*Brief:*
Nothing is needed except the lines below that run from the one with "use wrp_num::ceil_div;" through the one with "let quotient = ceil_div(number, i128::from(divisor));", repeated exactly.

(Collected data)
* * *

//! The rows of rounding cuts.
ghost use Rattle.std.specs.Prelude.{◌≡◌, ◌^◌, ◌≤◌, ◌++◌, true, if◌then◌else◌, Some, None, Ok, unsigned_abs, IfOk};
ghost use Rattle.std.specs.List.{list_all};
ghost use Rattle.wrp_rules.specs.Ranges.{is_from_one};
ghost use Rattle.wrp_pool.specs.Tallies.{IsTally, AreWithin, most_combined, most_combined_side};
ghost use Rattle.wrp_pool.specs.Cuts.{term_unless_zero};
ghost use Rattle.wrp_pool.specs.Rounds.{quotient, is_small, fits_at, rounded_terms, rounding, Rounds};

use crate::row::Pool;
use crate::tally::Tally;
use std::alloc::{AllocError, Global};
use wrp_num::ceil_div;
use wrp_town::Town;

/// The greatest size of a coefficient and of the right side of a rounding.
const MOST_COEFFICIENT: u128 = 1 << 20;

/// A number divided and rounded up, where that is small enough for a rounding.
fn rounded(number: i128, divisor: u64) -> Option<i32>
    requires small { unsigned_abs number ≤ most_combined_side }
    requires divisor { is_from_one (2 ^ 20) divisor ≡ true }
    ensures { result ≡ (if is_small (quotient divisor number) then Some (quotient divisor number)
        else None) }
{
    let quotient = ceil_div(number, i128::from(divisor));
    if quotient.unsigned_abs() <= MOST_COEFFICIENT {
        Some(quotient as i32)
    } else {
        None
    }
}

/// Adds the term of an arc, unless it is 0. False where it is too large.
fn push_rounded(
    arc: u16,
    number: i128,
    divisor: u64,
    terms: &mut Vec<(u16, i32)>,
) -> Result<bool, AllocError>
    requires small { unsigned_abs number ≤ most_combined_side }
    requires divisor { is_from_one (2 ^ 20) divisor ≡ true }
    ensures fits { IfOk result (λ fits. fits ≡ is_small (quotient divisor number)) }
    ensures terms { result ≡ Ok true → terms.new.items
        ≡ terms.old.items ++ term_unless_zero arc (quotient divisor number) }
{
    match rounded(number, divisor) {
        Some(0) => Ok(true),
        Some(coef) => {
            terms.push((arc, coef))?;
            Ok(true)
        }
        None => Ok(false),
    }
}

/// Adds the terms of the listed arcs. False where one is too large.
fn push_rounded_terms(
    town: &Town,
    tally: &Tally,
    divisor: u64,
    terms: &mut Vec<(u16, i32)>,
) -> Result<bool, AllocError>
    requires tally { IsTally town.now tally.now }
    requires small { AreWithin most_combined tally.now }
    requires divisor { is_from_one (2 ^ 20) divisor ≡ true }
    ensures fit { IfOk result (λ fit. fit
        ≡ list_all (fits_at tally.now divisor) tally.now.listed.items) }
    ensures terms { result ≡ Ok true → terms.new.items ≡ terms.old.items
        ++ rounded_terms tally.now divisor tally.now.listed.items }
{
    for arc in tally.listed() {
        if !push_rounded(*arc, tally.number(*arc), divisor, terms)? {
            return Ok(false);
        }
    }
    Ok(true)
}

impl Pool {
    /// Adds the row of a rounding of combined rows, of which the tally has the coefficients, unless
    /// a number of it is too large. Returns whether it was added.
    ///
    /// # Errors
    ///
    /// Want of memory alone.
    pub fn push_round(
        &mut self,
        alloc: Global,
        town: &Town,
        divisor: u64,
        tally: &Tally,
        side: i128,
    ) -> Result<bool, AllocError>
        requires tally { IsTally town.now tally.now }
        requires small { AreWithin most_combined tally.now }
        requires small_side { unsigned_abs side ≤ most_combined_side }
        requires divisor { is_from_one (2 ^ 20) divisor ≡ true }
        ensures { IfOk result (λ taken.
            Rounds town.now (rounding tally.now divisor side) taken self.old self.new) }
    {
        let mut terms = Vec::new(alloc);
        if !push_rounded_terms(town, tally, divisor, &mut terms)? {
            return Ok(false);
        }
        match rounded(side, divisor) {
            Some(right_side) => {
                self.push_row(terms, right_side)?;
                Ok(true)
            }
            None => Ok(false),
        }
    }
}
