//! The dual simplex method over a tableau in whole numbers.
#![tactic(auto)]

mod candidate;
mod dual_simplex;
mod end;
mod entering;
mod laws;
mod leaving;

pub use dual_simplex::run;
pub use end::RunEnd;
pub use laws::{basic_laws, combination_laws, run_laws, stuck_laws};
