//! Sums of numbers for arcs, which cost what is added and nothing for the other arcs of the town.
ghost use Rattle.std.specs.Prelude.{◌≡◌, ℕ, ◌+◌, ◌*◌, ◌^◌, ◌<◌, ◌≤◌, true, pos, unsigned_abs, length, IfOk, OnOk};
ghost use Rattle.wrp_town.specs.Arcs.{is_legal};
ghost use Rattle.wrp_pool.specs.Tallies.{number_of, IsTally, IsBlank, AreWithin, Lists, Adds};

use std::alloc::{AllocError, Global};
use wrp_town::Town;

/// A number for each arc. The arcs to which something was added are listed and marked.
#[derive(Debug, Drop)]
pub struct Tally {
    pub(crate) numbers: Vec<i128>,
    pub(crate) marks: Vec<bool>,
    pub(crate) listed: Vec<u16>,
}

impl Tally {
    /// The number 0 for each arc.
    ///
    /// # Errors
    ///
    /// Want of memory alone.
    pub fn new(alloc: Global, town: &Town) -> Result<Tally, AllocError>
        ensures { IfOk result (λ tally. IsBlank town.now tally) }
    {
        let arcs = 2 * town.streets.len();
        Ok(Tally {
            numbers: vec![in alloc; 0i128; arcs]?,
            marks: vec![in alloc; false; arcs]?,
            listed: Vec::new(alloc),
        })
    }

    /// The number of an arc.
    pub fn number(&self, arc: u16) -> i128
        requires { arc < length self.now.numbers.items }
        ensures { result ≡ number_of self.now arc }
    {
        self.numbers[arc as usize]
    }

    /// The arcs that are listed, each once.
    pub fn listed(&self) -> &[u16]
        ensures { result.now ≡ self.now.listed.items }
    {
        self.listed.as_slice()
    }

    /// Lists an arc, where it isn't listed.
    ///
    /// # Errors
    ///
    /// Want of memory alone.
    pub fn list(&mut self, town: &Town, arc: u16) -> Result<(), AllocError>
        requires tally { IsTally town.now self.old }
        requires legal { is_legal town.now arc ≡ true }
        ensures { OnOk result (Lists town.now arc self.old self.new) }
    {
        if !self.marks[arc as usize] {
            self.listed.push(arc)?;
            self.marks[arc as usize] = true;
        }
        Ok(())
    }

    /// Adds to the number of an arc.
    ///
    /// # Errors
    ///
    /// Want of memory alone.
    pub fn add(&mut self, town: &Town, arc: u16, number: i128) -> Result<(), AllocError>
        requires tally { IsTally town.now self.old }
        requires legal { is_legal town.now arc ≡ true }
        requires room { AreWithin (2 ^ 125) self.old }
        requires small { unsigned_abs number ≤ 2 ^ 125 }
        ensures { OnOk result (Adds town.now arc number self.old self.new) }
    {
        self.list(town, arc)?;
        self.numbers[arc as usize] += number;
        Ok(())
    }

    /// Takes every number away.
    pub fn clear(&mut self, town: &Town)
        requires { IsTally town.now self.old }
        ensures { IsBlank town.now self.new }
    {
        while let Some(arc) = self.listed.pop() {
            self.numbers[arc as usize] = 0;
            self.marks[arc as usize] = false;
        }
    }
}
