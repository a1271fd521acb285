//! The rows of connectivity and odd cuts.
ghost use Rattle.std.specs.Prelude.{◌≡◌, OnOk};
ghost use Rattle.wrp_rules.specs.Sets.{crossing_demands};
ghost use Rattle.wrp_rules.specs.Rows.{conn_row, odd_row};
ghost use Rattle.wrp_pool.specs.Cuts.{IsSetOf, Gains};

use crate::border::{push_inward, push_outward};
use crate::members::JunctionSet;
use crate::row::Pool;
use std::alloc::{AllocError, Global};
use wrp_graph::Graph;

impl Pool {
    /// Adds the row of a connectivity cut: what leaves the set is at least 1.
    ///
    /// # Errors
    ///
    /// Want of memory alone.
    pub fn push_conn(
        &mut self,
        alloc: Global,
        graph: &Graph<'_>,
        set: &JunctionSet,
    ) -> Result<(), AllocError>
        requires { IsSetOf graph.now set.now }
        ensures { OnOk result (Gains graph.now (conn_row graph.now set.now.set) self.old self.new) }
    {
        let mut terms = Vec::new(alloc);
        push_outward(graph, set, &mut terms)?;
        self.push_row(terms, 1)
    }

    /// Adds the row of an odd cut: what crosses the border of the set, which `crossing` demands do,
    /// is at least one more.
    ///
    /// # Errors
    ///
    /// Want of memory alone.
    pub fn push_odd(
        &mut self,
        alloc: Global,
        graph: &Graph<'_>,
        set: &JunctionSet,
        crossing: u32,
    ) -> Result<(), AllocError>
        requires set { IsSetOf graph.now set.now }
        requires crossing { crossing ≡ crossing_demands graph.now set.now.set }
        ensures { OnOk result (Gains graph.now (odd_row graph.now set.now.set) self.old self.new) }
    {
        let mut terms = Vec::new(alloc);
        push_outward(graph, set, &mut terms)?;
        push_inward(graph, set, &mut terms)?;
        self.push_row(terms, crossing as i32 + 1)
    }
}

* * *

*Output:*
use wrp_num::ceil_div;
use wrp_town::Town;

/// The greatest size of a coefficient and of the right side of a rounding.
const MOST_COEFFICIENT: u128 = 1 << 20;

/// A number divided and rounded up, where that is small enough for a rounding.
fn rounded(number: i128, divisor: u64) -> Option<i32>
    requires small { unsigned_abs number ≤ most_combined_side }
    requires divisor { is_from_one (2 ^ 20) divisor ≡ true }
    ensures { result ≡ (if is_small (quotient divisor number) then Some (quotient divisor number)
        else None) }
{
    let quotient = ceil_div(number, i128::from(divisor));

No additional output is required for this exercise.